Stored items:
★ ★ ★ ★ ★

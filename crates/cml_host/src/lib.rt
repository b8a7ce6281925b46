//! The program: what the arguments of its command line ask for, over any input, output and store.
#![tactic(auto)]

mod broken;
mod close;
mod command;
mod draw;
mod explain;
mod explore;
mod file;
mod item;
pub mod law;
mod opening;
mod order;
mod outcomes;
mod output;
mod picture;
mod reason;
mod refusal;
mod replay;
mod reply;
mod reports;
mod run;
mod script;
mod servers;
mod shrink;
mod source;
mod step;
mod store;
mod tell;
mod trace;
mod verify;
mod wanted;
mod workers;

pub use command::{run_command, run_command_counted};
pub use file::{load_from, save_to};
pub use output::say;
pub use reason::Reason;
pub use store::{Store, StoreFault};
pub use workers::Open;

★ ★ ★ ★ ★

What you need to do: Exact copies of all entries are what's needed here.

Solution to this problem:
filename crates/cml_host/src/lib.rt
repository b8a7ce6281925b46
//! The program: what the arguments of its command line ask for, over any input, output and store.
#![tactic(auto)]

mod broken;
mod close;
mod command;
mod draw;
mod explain;
mod explore;
mod file;
mod item;
pub mod law;
mod opening;
mod order;
mod outcomes;
mod output;
mod picture;
mod reason;
mod refusal;
mod replay;
mod reply;
mod reports;
mod run;
mod script;
mod servers;
mod shrink;
mod source;
mod step;
mod store;
mod tell;
mod trace;
mod verify;
mod wanted;
mod workers;

pub use command::{run_command, run_command_counted};
pub use file::{load_from, save_to};
pub use output::say;
pub use reason::Reason;
pub use store::{Store, StoreFault};
pub use workers::Open;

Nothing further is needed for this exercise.